## How to complete this task
Find the lines below in which the string "name" occurs. Copy each one.

## Stored data entries
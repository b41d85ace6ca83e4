ghost use Rattle.std.specs.Prelude.{◌≡◌, IfOk, None};
ghost use Rattle.serve_line.specs.Addresses.{is_tcp, IsSameSource, listens_at_port};

use crate::clients::limits::DEAF_REST_MS;
use crate::failures::is_idle;
use crate::state::{ENDPOINT_REST_MS, Endpoint, Listener, Peer, PeerStream, Server};
use serve_notes::{Kind, Notes};
use std::alloc::Global;
use std::io;
use std::io::ErrorKind;
use std::sync::Wait;
use std::time::Duration;

/// The source of an endpoint's connections: its listener, and a file in reserve.
#[derive(Drop)]
pub(crate) struct Entrance {
    listener: Listener,
    // An open file. It is closed to make room for a connection if the program may open no further file.
    reserve: Option<Listener>,
    has_reserve: bool,
}

impl Entrance {
    /// Accepts connections of this listener, with a file in reserve or without one.
    pub fn new(listener: Listener, has_reserve: bool) -> Entrance
        ensures { result ≡ record { listener = listener; reserve = None; has_reserve = has_reserve } }
    {
        Entrance {
            listener,
            reserve: None,
            has_reserve,
        }
    }

    /// The next connection. An error for which `is_idle` holds means that none came for a while.
    pub fn accept(&mut self, alloc: Global) -> io::Result<PeerStream>
        ensures stream { IfOk result (λ stream. is_tcp stream ≡ listens_at_port self.old.listener) }
        ensures source { IsSameSource self.old self.new }
    {
        match self.listener.accept(alloc) {
            Ok(stream) => Ok(stream),
            Err(error) if is_idle(error.kind()) => {
                self.refill();
                Err(error)
            }
            Err(error) if self.reserve.is_none() => Err(error),
            Err(_) => {
                self.reserve = None;
                self.listener.accept(alloc)
            }
        }
    }

    // Opens the reserve file again, if that is possible.
    fn refill(&mut self)
        ensures { IsSameSource self.old self.new }
    {
        if self.has_reserve && self.reserve.is_none() {
            self.reserve = self.listener.try_clone().ok();
        }
    }
}

/// The next connection of an endpoint. If the control endpoint can take none, since too many files are open, the
/// endpoints of trains take none until it can. A call of `accept` that waits needs room for a file, too.
pub(crate) fn accept<R: Wait>(
    rt: &R,
    server: &Server<'_>,
    endpoint: &Endpoint,
    entrance: &mut Entrance,
) -> io::Result<PeerStream>
    ensures stream { IfOk result (λ stream. is_tcp stream ≡ listens_at_port entrance.old.listener) }
    ensures source { IsSameSource entrance.old entrance.new }
{
    match endpoint.peer {
        Peer::Trains(_) if server.state.is_short_of_files() => {
            rest(rt, endpoint);
            Err(io::Error::from(ErrorKind::WouldBlock))
        }
        Peer::Trains(_) => entrance.accept(server.alloc),
        Peer::Interlocking => {
            let next = entrance.accept(server.alloc);
            let is_short = match &next {
                Ok(_) => false,
                Err(error) => !is_idle(error.kind()),
            };
            server.state.note_files(is_short);
            next
        }
    }
}

/// Rests if the system can give no connection, as when too many files are open.
pub(crate) fn rest_after<R: Wait, N: Notes>(
    rt: &R,
    server: &Server<'_>,
    notes: &N,
    endpoint: &Endpoint,
    error: &io::Error,
) {
    if is_idle(error.kind()) {
        return;
    }
    let name = server.name(endpoint.peer);
    notes.note(
        server.about(Kind::Device, endpoint.peer),
        format_args!("{name}: no connection can be taken now: {error}"),
    );
    endpoint
        .waker
        .park_timeout(rt, Duration::from_millis(DEAF_REST_MS));
}

/// Rests at an endpoint for at most `ENDPOINT_REST_MS`, or until its waker is rung.
pub(crate) fn rest<R: Wait>(rt: &R, endpoint: &Endpoint) {
    endpoint
        .waker
        .park_timeout(rt, Duration::from_millis(ENDPOINT_REST_MS));
}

## Task solution
    let name = server.name(endpoint.peer);
        format_args!("{name}: no connection can be taken now: {error}"),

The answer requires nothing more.